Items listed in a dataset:
▬▬▬▬▬▬
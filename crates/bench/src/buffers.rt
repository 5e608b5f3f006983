// The buffers, their sizes, and how much of one is in use.
ghost use Rattle.std.specs.Prelude.{◌≡◌, ◌≤◌, length, take, IfSome};

use crate::print::Printer;
use desk::{Desk, LIST, size};
use script::lists::{self, Element};
use streams::within;

// The longest line that can be right.
pub(crate) const LONGEST_LINE: usize = 20000;

// Room for the words of the longest line, also of each of its rows, and for the bytes of one.
pub(crate) const LINE_WORDS: usize = 10000;

pub(crate) const LINE_BYTES: usize = 6700;

// The most frame bytes, bytes of a lent message, and bytes for the reassembler.
pub(crate) const FRAME_BYTES: usize = 512;

pub(crate) const MESSAGE_BYTES: usize = 4096;

pub(crate) const ROOM_BYTES: usize = 4096;

// The characters of the script that are read at once, with those kept before them.
pub(crate) const TEXT_BYTES: usize = 65536;

// The answers that are not written out yet.
pub(crate) const OUTPUT_BYTES: usize = 65536;

// The longest answer, with its newline: `taken` and a pair behind a space for each byte of the reassembler's.
pub(crate) const LONGEST_ANSWER: usize = 6 + 3 * ROOM_BYTES;

pub(crate) type Table = [u16; LINE_WORDS];

pub(crate) type Frames = [u8; FRAME_BYTES];

pub(crate) type Message = [u8; MESSAGE_BYTES];

pub(crate) type Room = [u8; ROOM_BYTES];

// What a run works on: the desk, the buffers, and the answers.
// Kept: how much of each buffer is in use is a number of the desk; an `ArrayVec` would be filled again byte by byte where `fill(0)` does it.
#[derive(Drop)]
pub(crate) struct Bench {
    pub(crate) desk: Desk,
    pub(crate) table: Table,
    pub(crate) frames: Frames,
    pub(crate) message: Message,
    pub(crate) room: Room,
    pub(crate) printer: Printer,
}

impl Bench {
    // Buffers of which nothing is in use; `run` begins with the fresh state.
    // Kept: a literal and no more; what is built in a variable first is laid out twice on the stack.
    pub(crate) fn new() -> Bench {
        Bench {
            desk: [0; desk::SIZE],
            table: [0; LINE_WORDS],
            frames: [0; FRAME_BYTES],
            message: [0; MESSAGE_BYTES],
            room: [0; ROOM_BYTES],
            printer: Printer::new(),
        }
    }
}

// The list that ends the line at hand, read into a buffer; none where a field is malformed or there is no room for all.
pub(crate) fn read_list<'b, T: Element>(
    line: &[u8],
    desk: &Desk,
    room: &'b mut [T],
) -> Option<&'b [T]>
    ensures { IfSome result (λ list. length list.now ≤ length room.old) }
{
    let n = lists::read(line, size(desk[LIST]), room)?;
    Some(&room[..within(n, room)])
}

// What is in use of a buffer: so many elements at its front, at most all.
pub(crate) fn used<T>(count: u32, items: &[T]) -> &[T]
    ensures { result.now ≡ take count items.now }
{
    &items[..within(size(count), items)]
}

// The same of a buffer that is written to.
pub(crate) fn used_mut<T>(count: u32, items: &mut [T]) -> &mut [T] {
    let n = within(size(count), items);
    &mut items[..n]
}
▬▬▬▬▬▬
WHAT YOU WILL DO:
Without dropping a single line, output the records above exactly.

ANSWER SECTION:
filename crates/bench/src/buffers.rt
repository 5e608b5f3f006983
// The buffers, their sizes, and how much of one is in use.
ghost use Rattle.std.specs.Prelude.{◌≡◌, ◌≤◌, length, take, IfSome};

use crate::print::Printer;
use desk::{Desk, LIST, size};
use script::lists::{self, Element};
use streams::within;

// The longest line that can be right.
pub(crate) const LONGEST_LINE: usize = 20000;

// Room for the words of the longest line, also of each of its rows, and for the bytes of one.
pub(crate) const LINE_WORDS: usize = 10000;

pub(crate) const LINE_BYTES: usize = 6700;

// The most frame bytes, bytes of a lent message, and bytes for the reassembler.
pub(crate) const FRAME_BYTES: usize = 512;

pub(crate) const MESSAGE_BYTES: usize = 4096;

pub(crate) const ROOM_BYTES: usize = 4096;

// The characters of the script that are read at once, with those kept before them.
pub(crate) const TEXT_BYTES: usize = 65536;

// The answers that are not written out yet.
pub(crate) const OUTPUT_BYTES: usize = 65536;

// The longest answer, with its newline: `taken` and a pair behind a space for each byte of the reassembler's.
pub(crate) const LONGEST_ANSWER: usize = 6 + 3 * ROOM_BYTES;

pub(crate) type Table = [u16; LINE_WORDS];

pub(crate) type Frames = [u8; FRAME_BYTES];

pub(crate) type Message = [u8; MESSAGE_BYTES];

pub(crate) type Room = [u8; ROOM_BYTES];

// What a run works on: the desk, the buffers, and the answers.
// Kept: how much of each buffer is in use is a number of the desk; an `ArrayVec` would be filled again byte by byte where `fill(0)` does it.
#[derive(Drop)]
pub(crate) struct Bench {
    pub(crate) desk: Desk,
    pub(crate) table: Table,
    pub(crate) frames: Frames,
    pub(crate) message: Message,
    pub(crate) room: Room,
    pub(crate) printer: Printer,
}

impl Bench {
    // Buffers of which nothing is in use; `run` begins with the fresh state.
    // Kept: a literal and no more; what is built in a variable first is laid out twice on the stack.
    pub(crate) fn new() -> Bench {
        Bench {
            desk: [0; desk::SIZE],
            table: [0; LINE_WORDS],
            frames: [0; FRAME_BYTES],
            message: [0; MESSAGE_BYTES],
            room: [0; ROOM_BYTES],
            printer: Printer::new(),
        }
    }
}

// The list that ends the line at hand, read into a buffer; none where a field is malformed or there is no room for all.
pub(crate) fn read_list<'b, T: Element>(
    line: &[u8],
    desk: &Desk,
    room: &'b mut [T],
) -> Option<&'b [T]>
    ensures { IfSome result (λ list. length list.now ≤ length room.old) }
{
    let n = lists::read(line, size(desk[LIST]), room)?;
    Some(&room[..within(n, room)])
}

// What is in use of a buffer: so many elements at its front, at most all.
pub(crate) fn used<T>(count: u32, items: &[T]) -> &[T]
    ensures { result.now ≡ take count items.now }
{
    &items[..within(size(count), items)]
}

// The same of a buffer that is written to.
pub(crate) fn used_mut<T>(count: u32, items: &mut [T]) -> &mut [T] {
    let n = within(size(count), items);
    &mut items[..n]
}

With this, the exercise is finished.